Martok, un hombre corpulento con las imponentes ropas de guerrero y las plumas verdes de su rango, regresó.
—Nuestras tribus se parecen, noble Balam —dijo—, porque en ninguna parte del valle de Anáhuac somos bienvenidos. No se ha permitido a mi tribu que se asiente allí desde hace generaciones. Durante un tiempo nos establecimos en Chapultepec, pero nos expulsaron como a perros. Y ahora también a ti te abocan al exilio.
Balam le había contado a Martok la misma historia que a Cocoxtli.
—Mis hombres están de acuerdo en que si nos unimos formaríamos una fuerza formidable, y los jefes del lago Texcoco sin duda tendrían la prudencia de permitir que nos asentáramos entre ellos.
A Martok no le gustaba tener que aliarse con un extranjero. El príncipe de Uxmal había formado su ejército de forma harto cuestionable: ofreciendo a hombres condenados un lugar entre sus filas. Y mantenía su lealtad empalando a los desertores para que su muerte lenta y dolorosa disuadiera a otros que sintieran la tentación de abandonar.
Sin embargo, si se unía a ellos, Martok tendría por fin la fuerza que necesitaba para tomar la tierra que le pertenecía y poner fin de una vez al eterno vagar de los mexicas.
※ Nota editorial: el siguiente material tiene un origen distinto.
//! A function that is being written, in its program.
//! It must not know what its steps do.

ghost use Rattle.std.specs.Prelude.{◌≡◌, ◌+◌, ◌<◌, ◌≤◌, ◌^◌, [], length, map, unwrap_or, option_map};
ghost use Rattle.aplc_names.specs.PlainPrograms.{name_number, routine_of};
ghost use Rattle.aplc_core.specs.PlainSteps.{effect_of};
ghost use Rattle.aplc_core.specs.CoreRuns.{steps_at};
ghost use Rattle.aplc_core.specs.Lowering.{lowered_routine};
ghost use Rattle.aplc_gen.specs.Layouts.{the_routine, the_frame, routine_at, frame_of, value_place, flag_place, is_unsure, line_place, slot_place, base};
ghost use Rattle.aplc_gen.specs.Emitted.{scope_at, is_giving};
ghost use Rattle.aplc_gen.specs.Writing.{site_of, lowered_core, slots_at, IsLineNumber, IsShort};

use crate::frame::{Frame, Layout};
use aplc_core::{CoreProgram, SlotId, Step};
use aplc_cprof::Int;
use aplc_names::Scope;
use aplc_syntax::{Function, NameId, Named};
use std::marker::Model;

/// A function of a program, and the variables of both.
#[derive(Drop)]
pub struct Site<'a> {
    core: &'a CoreProgram,
    layout: &'a Layout,
    frame: &'a Frame,
    number: usize,
    first: bool,
}

impl<'a> Model for Site<'a> {
    ghost use Rattle.std.specs.Prelude.{◌≡◌, ◌<◌, length};
    ghost use Rattle.aplc_gen.specs.Layouts.{frame_of};
    ghost use Rattle.aplc_gen.specs.Writing.{Spot, spot_code};

    ghost Value = { Spot };

    ghost coded = { spot_code };

    ghost view = { λ s. record { core = s.core.now; layout = s.layout.now; number = s.number; first = s.first } };

    ghost invariant = { λ s. (s.frame.now ≡ frame_of s.layout.now s.number) × (s.number < length s.core.now.program.functions) };
}

fn number_of(named: Option<Named>) -> Option<u32>
    ensures { result ≡ option_map name_number named }
{
    named.map(|x| x.name.0)
}

impl<'a> Site<'a> {
    /// The function of this number, which has its variables there.
    pub fn new(
        core: &'a CoreProgram,
        layout: &'a Layout,
        frame: &'a Frame,
        number: usize,
        first: bool,
    ) -> Site<'a>
        requires frame { frame.now ≡ frame_of layout.now number }
        requires function { number < length core.now.program.functions }
        ensures { result ≡ record { core = core.now; layout = layout.now; number = number; first = first } }
    {
        Site {
            core,
            layout,
            frame,
            number,
            first,
        }
    }

    /// The run begins with the function: it is no call's.
    pub fn is_first(&self) -> bool
        ensures { result ≡ self.now.first }
    {
        self.first
    }

    pub fn layout(&self) -> &Layout
        ensures { result.now ≡ self.now.layout }
    {
        self.layout
    }

    pub fn frame(&self) -> &Frame
        ensures { result.now ≡ the_frame (site_of self.now) }
    {
        self.frame
    }

    #[tactic(auto, using(crate::proofs::There::function_is))]
    fn function(&self) -> &Function
        ensures routine { the_routine (site_of self.now) ≡ lowered_routine (routine_of self.now.core.program result.now) }
        ensures few { length result.now.lines ≤ 999 }
    {
        &self.core.bound().program().functions.as_slice()[self.number]
    }

    /// The bytes of its name.
    pub fn title(&self) -> &[u8]
        ensures { result.now ≡ (the_routine (site_of self.now)).header.title }
    {
        let names = self.core.bound().program().names.as_slice();
        match names.get(self.function().name.name.0 as usize) {
            None => &[],
            Some(title) => title.as_slice(),
        }
    }

    /// The name of the left argument.
    pub fn left(&self) -> Option<u32>
        ensures { result ≡ (the_routine (site_of self.now)).header.left }
    {
        number_of(self.function().left)
    }

    /// The name of the right argument.
    pub fn right(&self) -> Option<u32>
        ensures { result ≡ (the_routine (site_of self.now)).header.right }
    {
        number_of(self.function().right)
    }

    /// The name of the result.
    pub fn result(&self) -> Option<u32>
        ensures { result ≡ (the_routine (site_of self.now)).header.result }
    {
        number_of(self.function().result)
    }

    /// How many lines it has.
    #[tactic(auto, using(crate::proofs::Sites::lines_are))]
    pub fn lines(&self) -> usize
        ensures lines { result ≡ length (the_routine (site_of self.now)).steps }
        ensures few { result ≤ 999 }
    {
        self.function().lines.as_slice().len()
    }

    /// The steps of a line, counted from 1.
    #[tactic(auto, using(crate::proofs::Sites::steps_are))]
    pub fn steps(&self, line: usize) -> &[Step]
        ensures { map effect_of result.now ≡ unwrap_or (steps_at (the_routine (site_of self.now)).steps line) [] }
    {
        self.core.steps(self.number, line)
    }

    /// What a name is. A label is one of a line.
    #[tactic(auto, using(crate::proofs::Sites::scopes))]
    pub fn scope(&self, name: NameId) -> Scope
        ensures scope { result ≡ scope_at (site_of self.now) name.0 }
        ensures line { IsLineNumber result }
    {
        self.core.bound().scope(self.number, name)
    }

    /// The variable of a name.
    pub fn value(&self, scope: Scope, name: NameId) -> Int
        ensures { result ≡ value_place (site_of self.now) scope name.0 }
    {
        match scope {
            Scope::Local => self.frame.value(name.0),
            _ => self.layout.value(name.0),
        }
    }

    /// The flag of a name.
    pub fn flag(&self, scope: Scope, name: NameId) -> Int
        ensures { result ≡ flag_place (site_of self.now) scope name.0 }
    {
        match scope {
            Scope::Local => self.frame.flag(name.0),
            _ => self.layout.flag(name.0),
        }
    }

    /// Whether a name has a flag.
    pub fn is_unsure(&self, scope: Scope, name: NameId) -> bool
        ensures { result ≡ is_unsure (site_of self.now) scope name.0 }
    {
        match scope {
            Scope::Local => self.frame.is_unsure(name.0),
            _ => self.layout.is_unsure(name.0),
        }
    }

    /// The variable that has the line.
    pub fn line_place(&self) -> u32
        ensures line { result ≡ line_place (site_of self.now) }
        ensures short { IsShort (the_frame (site_of self.now)) }
    {
        self.frame.line()
    }

    /// The variable of a slot.
    pub fn slot(&self, slot: SlotId) -> u32
        requires { slot.0 < slots_at self.now }
        ensures { result ≡ slot_place (site_of self.now) slot.0 }
    {
        self.line_place() + 1 + slot.0
    }

    /// The first variable that is free for values within trees.
    pub fn base(&self) -> u32
        ensures base { result ≡ base (site_of self.now) }
        ensures short { base (site_of self.now) < 2 ^ 31 + 1 }
    {
        self.line_place() + 1 + self.frame.slots()
    }

    /// Whether the result of a function has a value at each of its ends.
    pub fn gives(&self, function: usize) -> bool
        ensures { result ≡ is_giving (frame_of self.now.layout function).sure (routine_at (lowered_core self.now.core) function).header.result }
    {
        self.is_sure(function, self.result_of(function))
    }

    #[tactic(auto, using(crate::proofs::There::results))]
    fn result_of(&self, function: usize) -> Option<u32>
        ensures { result ≡ (routine_at (lowered_core self.now.core) function).header.result }
    {
        match self
            .core
            .bound()
            .program()
            .functions
            .as_slice()
            .get(function)
        {
            None => None,
            Some(header) => number_of(header.result),
        }
    }

    fn is_sure(&self, function: usize, name: Option<u32>) -> bool
        ensures { result ≡ is_giving (frame_of self.now.layout function).sure name }
    {
        match (self.layout.frame(function), name) {
            (Some(frame), Some(name)) => frame.is_sure(name),
            _ => false,
        }
    }
}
—Pero ponemos ciertas condiciones —siguió diciendo—. Luchemos contra quien luchemos, queremos que se pierdan el menor número de vidas posible. Queremos prisioneros para poder negociar la paz. No deseamos una victoria deshonrosa. Nosotros luchamos por una tierra, por un hogar. Los mexicas nos enorgullecemos de ser hombres de honor, y esperamos que hagáis otro tanto.
—De acuerdo —dijo Balam.
Escupió en la palma de la mano y apretó el pulgar sobre ella, siguiendo el antiguo ritual para sellar un pacto. Aceptaría cualquier cosa que Martok propusiera porque, una vez obtuvieran la victoria sobre las otras tribus, volvería su ejército contra el de Martok y acabaría con ellos, acabaría con el pueblo de Kaan y lo eliminaría de una vez por todas de la faz de la Tierra.